А на следующий день, когда Света прибежала с роскошными пирожками из требухи, прямо с базара - бабы Груши не было. Стояла на ступенечке жестянка из-под воды, а на обломке доски, где баба Груша спала, был необычно свёрнутый платок, а сверху карта: червонная дама. Света платок развернула. Там был шар, тот самый. И Света поняла, что это баба Груша оставила для неё. А сама больше не придет. Куда-то она ушла насовсем, и плакать не надо, потому что каждому своя судьба и своя вольная воля.
ГЛАВА 7
Алёшу все больше и больше раздражал этот капитан Тириеску. Всё в нем было противно: и фуражка-тарелка, и три медных полоски на узеньких погонах, и даже то, что у этого были не обмотки, а сапоги. Лаковые. Он, подлец, хитрый был: давил на симпатичность. Даже пробовал их своей едой угощать - ну, от этого уж они с мамой отказались. Не хватало у оккупанта куски сшибать. Так и то он сделал культурный вид: вроде не обиделся. Приволок откуда-то настройщика, тот привел рояль в порядок, и стал румын по вечерам наигрывать вальсы: усёк, гад, что мама музыку любит. И разговоры их по-французски становились всё продолжительнее. С чего бы, спрашивается?

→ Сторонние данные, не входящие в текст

//! What the words ask for.

ghost use Rattle.std.specs.Prelude.{◌≡◌, ◌≢◌, List, ℕ, [], IfOk, Ok, option_and_then};
ghost use Rattle.std.specs.Prelude.{map as map_list, string_bytes};
ghost use Rattle.clap.specs.Kinds.{HasKind};
ghost use Rattle.clap.specs.Faults.{fault_of};
ghost use Rattle.clap.specs.Matches.{found_of};
ghost use Rattle.clap.specs.Simple.{subcommand_rows_of};
ghost use Rattle.clap.specs.Walk.{rows_of};
ghost use Rattle.hq_words.specs.Asked.{Asks, Says};
ghost use Rattle.hq_words.specs.Given.{given_in};
ghost use Rattle.hq_words.specs.Program.{program};

use crate::command::program;
use crate::options::{
    Batch, Check, Import, Migrate, Serve, Sweep, UsageWord, batch_in, check_in, import_in,
    migrate_in, serve_in, sweep_in, usage_in,
};
use crate::selecting::{Moving, Telling, moving_in, telling_in};
use crate::texts::{ONE_KEY, ONE_PATTERN, ONE_PATTERN_AT_MOST};
use clap::error::ErrorKind;
use clap::{ArgMatches, Error};
use std::alloc::{AllocError, Global};

/// A word of the program, with its options.
#[derive(Clone, Copy, Debug, PartialEq, Eq, Drop)]
pub enum Word<'w> {
    /// `serve`: HTTP connections of the customers of a directory.
    Serve(Serve<'w>),
    /// `batch`: lines of the customers of a directory.
    Batch(Batch<'w>),
    /// `check`: whether a desk can be set up with these.
    Check(Check<'w>),
    /// `queue`: the queue report of a customer.
    Queue(Telling<'w>),
    /// `history`: what became of a customer's recipients.
    History(Telling<'w>),
    /// `hold`: messages of a customer put on hold.
    Hold(Moving<'w>),
    /// `release`: messages of a customer released from hold.
    Release(Moving<'w>),
    /// `delete`: messages of a customer deleted.
    Delete(Moving<'w>),
    /// `usage`: what each customer of a directory uses of its quota.
    Usage(UsageWord<'w>),
    /// `import`: lines of a customer's access tables, from a file.
    Import(Import<'w>),
    /// `sweep`: messages of a customer, or of all, that are too old given up, and late ones warned
    /// of.
    Sweep(Sweep<'w>),
    /// `migrate`: a store of the release before made one of this release.
    Migrate(Migrate<'w>),
}

/// What the words ask for.
#[derive(Debug, Drop)]
pub enum Words<'w> {
    /// No words: lines of the built-in customers.
    Builtin,
    /// A word of the program, with its options.
    Word(Word<'w>),
    /// `--help` or `-h`, of the program or of one of its words, or `--version` or `-V`: the text
    /// for standard output.
    Shown(String),
    /// Words that are not taken: the text for standard error that tells why.
    Refused(String),
}

/// What matches of a word ask for.
fn asked_in<'w>(word: &str, given: &ArgMatches<'w>) -> Option<Word<'w>>
    ensures { Asks (given_in word.now (rows_of (found_of given.now))) result }
{
    match word {
        "serve" => match serve_in(given) {
            Some(serve) => Some(Word::Serve(serve)),
            None => None,
        },
        "batch" => Some(Word::Batch(batch_in(given)?)),
        "check" => Some(Word::Check(check_in(given)?)),
        "queue" => Some(Word::Queue(telling_in(given)?)),
        "history" => Some(Word::History(telling_in(given)?)),
        "hold" => match moving_in(given) {
            Some(moving) => Some(Word::Hold(moving)),
            None => None,
        },
        "release" => match moving_in(given) {
            Some(moving) => Some(Word::Release(moving)),
            None => None,
        },
        "delete" => match moving_in(given) {
            Some(moving) => Some(Word::Delete(moving)),
            None => None,
        },
        "usage" => Some(Word::Usage(usage_in(given)?)),
        "import" => Some(Word::Import(import_in(given)?)),
        "sweep" => match sweep_in(given) {
            Some(sweep) => Some(Word::Sweep(sweep)),
            None => None,
        },
        "migrate" => Some(Word::Migrate(migrate_in(given)?)),
        _ => None,
    }
}

/// What matches ask for.
fn asked_of<'w>(matches: &ArgMatches<'w>) -> Option<Word<'w>>
    ensures { Asks (option_and_then (λ found. given_in found.0 found.1)
        (subcommand_rows_of matches.now)) result }
{
    let (word, given) = matches.subcommand()?;
    asked_in(word, given)
}

/// What is told where `clap` takes the words, and yet an option is missing or given twice: it asks
/// for the other options and looks at the numbers, so that they are there.
fn wanted(matches: &ArgMatches) -> &'static str {
    match matches.subcommand() {
        Some(("queue" | "history", _)) => ONE_PATTERN_AT_MOST,
        Some(("hold" | "release" | "delete", _)) => ONE_PATTERN,
        _ => ONE_KEY,
    }
}

/// What `clap` tells in place of matches: help or the version, or why the words are refused; or
/// want of memory.
fn told<'w>(alloc: Global, error: &Error) -> Result<Words<'w>, AllocError>
    ensures { (words : List (List ℕ)) → (words ≢ []) → HasKind (fault_of program words) error.now
        → IfOk result (Says words) }
{
    match error.kind() {
        ErrorKind::OutOfMemory => Err(AllocError),
        ErrorKind::DisplayHelp | ErrorKind::DisplayVersion => {
            Ok(Words::Shown(format!(in alloc; "{error}")?))
        }
        _ => Ok(Words::Refused(format!(in alloc; "{error}")?)),
    }
}

/// What the words after the program's name ask for; or want of memory.
pub fn read_words<'w>(alloc: Global, words: &'w [String]) -> Result<Words<'w>, AllocError>
    ensures none { words.entry.now ≡ [] → result ≡ Ok Words.Builtin }
    ensures asked { IfOk result (Says (map_list string_bytes words.entry.now)) }
{
    if words.is_empty() {
        return Ok(Words::Builtin);
    }
    match program(alloc)?.try_get_matches_from(words) {
        Err(error) => told(alloc, &error),
        Ok(matches) => match asked_of(&matches) {
            Some(asked) => Ok(Words::Word(asked)),
            None => Ok(Words::Refused(String::from_str(alloc, wanted(&matches))?)),
        },
    }
}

Еще понятно, когда Маню с Петриком прятали - мама должна была с ним любезничать. Из осторожности. А теперь-то с чего? А Тириеску грустным голосом рассказывал маме, как он скучает по своей маленькой девочке, и как эта девочка ждёт его домой: не нравится ей жить у тетки. И что жены у него нет, умерла жена при родах, и жили они вдвоем с дочкой, и продолжали бы жить, если бы не война.

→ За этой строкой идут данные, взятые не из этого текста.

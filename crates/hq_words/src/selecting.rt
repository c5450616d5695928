//! What the words are given that tell of what a customer has, or change the messages that a pattern
//! is for, as `clap` has it.

ghost use Rattle.std.specs.Prelude.{◌≡◌, option_map};
ghost use Rattle.clap.specs.Matches.{found_of};
ghost use Rattle.clap.specs.Walk.{rows_of};
ghost use Rattle.hq_words.specs.Asked.{MovingIs, pattern_given, telling_of};
ghost use Rattle.hq_words.specs.Given.{pattern_of_two, any_pattern_in, one_pattern_in};
ghost use Rattle.hq_words.specs.Given.{telling_in, moving_in};

use crate::options::{moment_in, value};
use clap::ArgMatches;
use hq_values::Moment;

/// A pattern of access tables that messages are matched by, as it was written.
#[derive(Clone, Copy, Debug, PartialEq, Eq, Drop)]
pub enum Matching<'w> {
    /// Of the sender.
    Sender(&'w str),
    /// Of a recipient.
    Recipient(&'w str),
}

/// What the words `queue` and `history` are given, as it was written.
#[derive(Clone, Copy, Debug, PartialEq, Eq, Drop)]
pub struct Telling<'w> {
    /// The path of the file of the customers.
    pub directory: &'w str,
    /// The path of the store.
    pub store: &'w str,
    /// The name of the customer.
    pub customer: &'w str,
    /// The pattern, where one is given; else all is told.
    pub pattern: Option<Matching<'w>>,
}

/// What the words `hold`, `release` and `delete` are given: their moment, and the others as they
/// were written.
#[derive(Clone, Copy, Debug, PartialEq, Eq, Drop)]
pub struct Moving<'w> {
    /// The path of the file of the customers.
    pub directory: &'w str,
    /// The path of the store.
    pub store: &'w str,
    /// The name of the customer.
    pub customer: &'w str,
    /// The pattern.
    pub pattern: Matching<'w>,
    /// When it is done.
    pub at: Moment,
}

/// The pattern that the values of two options give, where it is not more than one of them.
fn pattern_of_two<'w>(
    sender: Option<&'w str>,
    recipient: Option<&'w str>,
) -> Option<Option<Matching<'w>>>
    ensures { option_map (option_map pattern_given) result
        ≡ pattern_of_two (option_map (λ t. t.now) sender.entry)
        (option_map (λ t. t.now) recipient.entry) }
{
    match (sender, recipient) {
        (None, None) => Some(None),
        (Some(text), None) => Some(Some(Matching::Sender(text))),
        (None, Some(text)) => Some(Some(Matching::Recipient(text))),
        (Some(_), Some(_)) => None,
    }
}

/// The pattern, where one is given; and not two.
fn any_pattern_in<'w>(given: &ArgMatches<'w>) -> Option<Option<Matching<'w>>>
    ensures { option_map (option_map pattern_given) result
        ≡ any_pattern_in (rows_of (found_of given.now)) }
{
    let sender = value(given, "sender");
    let recipient = value(given, "recipient");
    pattern_of_two(sender, recipient)
}

/// The pattern, which has to be given once.
fn one_pattern_in<'w>(given: &ArgMatches<'w>) -> Option<Matching<'w>>
    ensures { option_map pattern_given result ≡ one_pattern_in (rows_of (found_of given.now)) }
{
    any_pattern_in(given)?
}

/// What matches give the words `queue` and `history`.
pub(crate) fn telling_in<'w>(given: &ArgMatches<'w>) -> Option<Telling<'w>>
    ensures { option_map telling_of result ≡ telling_in (rows_of (found_of given.now)) }
{
    let directory = value(given, "directory")?;
    let store = value(given, "store")?;
    let customer = value(given, "customer")?;
    let pattern = any_pattern_in(given)?;
    Some(Telling {
        directory,
        store,
        customer,
        pattern,
    })
}

/// What matches give the words `hold`, `release` and `delete`.
pub(crate) fn moving_in<'w>(given: &ArgMatches<'w>) -> Option<Moving<'w>>
    ensures { MovingIs (moving_in (rows_of (found_of given.now))) result }
{
    let directory = value(given, "directory")?;
    let store = value(given, "store")?;
    let customer = value(given, "customer")?;
    let pattern = one_pattern_in(given)?;
    let at = moment_in(value(given, "at")?)?;
    Some(Moving {
        directory,
        store,
        customer,
        pattern,
        at,
    })
}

Маме везло в последнее время: стала приходить дамочка-перекупщица в оранжевом пальто и с лисой на плечах. Она приносила то связку немецких армейских одеял, то нитки, ставшие за последний год недостижимой роскошью. И брала недорого. А мама радовалась: шила из тех одеял куртки, и выгодно продавала. Только пуговиц у неё не было, но и без пуговиц куртки прямо расхватывали. Теперь мало у кого пуговицы оставались, и люди просто подпоясывались ремнями.

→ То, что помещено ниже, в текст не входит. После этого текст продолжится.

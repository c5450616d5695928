//! The migration of a store of version 1 or 2 to one of version 3.

ghost use Rattle.std.specs.Prelude.{◌≡◌, IfOk, IfErr};
ghost use Rattle.sqlite.specs.Held.{state};
ghost use Rattle.sqlite.specs.State.{HasCleanDisk};
ghost use Rattle.hq_schema.specs.Schema.{first_schema, second_schema, desk_schema};
ghost use Rattle.hq_sql.specs.Causes.{HasCause};
ghost use Rattle.hq_sql_open.specs.Transactions.{IsSettled};
ghost use Rattle.hq_sql_open.specs.Migration.{MigratesBy, KeepsAny};

use crate::is_current;
use crate::lifting::{migrate, upgrade};
use crate::version::{is_first_version, is_second_version};
use hq_schema::{is_desk, is_first_desk, is_second_desk};
use hq_sql::SqliteMemory;
use sqlite::{Alter, Connection, Error};

/// Migrates a store with the first schema, where its version is 1.
fn migrate_first<S: Alter, M: SqliteMemory>(
    memory: M,
    conn: &mut Connection<S>,
    reason: &str,
) -> Result<Option<usize>, Error>
    ensures done { (state S.Store conn.old).now.schema ≡ first_schema
        → HasCleanDisk (state S.Store conn.new) → IsSettled (state S.Store conn.old)
        → IfOk result (λ told.
        MigratesBy reason.now told (state S.Store conn.old) (state S.Store conn.new)) }
    ensures kept { (state S.Store conn.old).now.schema ≡ first_schema
        → KeepsAny reason.now (state S.Store conn.old) (state S.Store conn.new) result }
    ensures cause { IfErr result (HasCause M.refused M.failed) }
{
    if !is_first_version(memory, conn)? {
        return Ok(None);
    }
    let count = migrate(memory, conn, reason)?;
    Ok(Some(count))
}

/// Migrates a store with the second schema, where its version is 2.
fn migrate_second<S: Alter, M: SqliteMemory>(
    memory: M,
    conn: &mut Connection<S>,
    reason: &str,
) -> Result<Option<usize>, Error>
    ensures done { (state S.Store conn.old).now.schema ≡ second_schema
        → HasCleanDisk (state S.Store conn.new) → IsSettled (state S.Store conn.old)
        → IfOk result (λ told.
        MigratesBy reason.now told (state S.Store conn.old) (state S.Store conn.new)) }
    ensures kept { (state S.Store conn.old).now.schema ≡ second_schema
        → KeepsAny reason.now (state S.Store conn.old) (state S.Store conn.new) result }
    ensures cause { IfErr result (HasCause M.refused M.failed) }
{
    if !is_second_version(memory, conn)? {
        return Ok(None);
    }
    upgrade(memory, conn)?;
    Ok(Some(0))
}

/// Takes a store with schema 3 as it is, where its version is 3.
fn take_third<S: Alter, M: SqliteMemory>(
    memory: M,
    conn: &mut Connection<S>,
    reason: &str,
) -> Result<Option<usize>, Error>
    ensures done { (state S.Store conn.old).now.schema ≡ desk_schema
        → HasCleanDisk (state S.Store conn.new) → IsSettled (state S.Store conn.old)
        → IfOk result (λ told.
        MigratesBy reason.now told (state S.Store conn.old) (state S.Store conn.new)) }
    ensures kept { (state S.Store conn.old).now.schema ≡ desk_schema
        → KeepsAny reason.now (state S.Store conn.old) (state S.Store conn.new) result }
    ensures cause { IfErr result (HasCause M.refused M.failed) }
{
    if !is_current(memory, conn)? {
        return Ok(None);
    }
    Ok(Some(0))
}

/// Makes a store of version 3 of one of version 1 or 2, in one transaction. Of version 1 each
/// message on hold gets this reason, all else stays, and how many are on hold is told. Of version 2
/// all stays, and 0 is told. One of version 3 stays as it is, and 0 is told. For any other store it
/// answers none, and changes nothing.
///
/// It asks for a connection in no transaction. After an error `settle` undoes what was begun.
pub fn migration<S: Alter, M: SqliteMemory>(
    memory: M,
    conn: &mut Connection<S>,
    reason: &str,
) -> Result<Option<usize>, Error>
    ensures done { HasCleanDisk (state S.Store conn.new) → IsSettled (state S.Store conn.old)
        → IfOk result (λ told.
        MigratesBy reason.now told (state S.Store conn.old) (state S.Store conn.new)) }
    ensures kept { KeepsAny reason.now (state S.Store conn.old) (state S.Store conn.new) result }
    ensures cause { IfErr result (HasCause M.refused M.failed) }
{
    if is_first_desk(conn.schema()) {
        return migrate_first(memory, conn, reason);
    }
    if is_second_desk(conn.schema()) {
        return migrate_second(memory, conn, reason);
    }
    if is_desk(conn.schema()) {
        return take_third(memory, conn, reason);
    }
    Ok(None)
}
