//! One call over a shelf.

ghost use Rattle.hq_admin.specs.Performs.{Performs};

use crate::printed::Printed;
use hq_desk::Desk;
use hq_kept::Entry;
use hq_moves::MovesMessages;
use hq_rules::{Acts, Call, Rendered};
use hq_values::{Fault, Host, Moment};
use std::alloc::Global;

/// A call that an administrator asks for.
#[derive(Drop)]
pub struct AdminCall {
    /// The relay's name.
    pub host: Host,
    /// When it is done.
    pub at: Moment,
    /// The customer.
    pub entry: Entry,
    /// What is done.
    pub call: Call,
}

/// Does the call that is asked for, over a shelf that it gives back. It answers 0 and what is
/// printed, or a refusal's number and its text; after a fault nothing was changed, unless the store
/// is closed then.
pub fn perform<S: MovesMessages + Drop>(
    alloc: Global,
    shelf: S,
    request: AdminCall,
) -> (S, Result<Rendered, Fault>)
    ensures { Performs S.sight shelf result.0 request result.1 }
{
    let AdminCall {
        host,
        at,
        entry,
        call,
    } = request;
    let mut desk = Desk::new(shelf, host);
    let done = desk.act(alloc, at, &entry, call, &Printed);
    (desk.into_shelf(), done)
}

А потом Алёша увидел, что Тириеску с этой перекупщицей о чем-то разговаривает, и не в доме - хитрый какой! А на углу, на улице. Сразу стало подозрительно, почему она продает маме так дешево. А что докажешь?
Денщик Ион у Алёши злости не вызывал: сразу видно, что человек подневольный. Румыны своих денщиков запросто по мордам били. И, хоть Ион был добродушный корявый мужик с улыбчивой мордой в веснушках, Алёше иногда хотелось, чтоб Тириеску ему врезал пару раз, и чтоб мама увидела. Тогда бы небось не смеялась его шуточкам. Но Тириеску твердо держался своей коварной политики. Он на денщика даже не орал, не то, чтоб пальцем тронуть. И, что самое противное, Алёша сам стал понемногу поддаваться на капитанскую симпатичность. Уже поймал себя на том, что отвечает этому оккупанту на улыбку.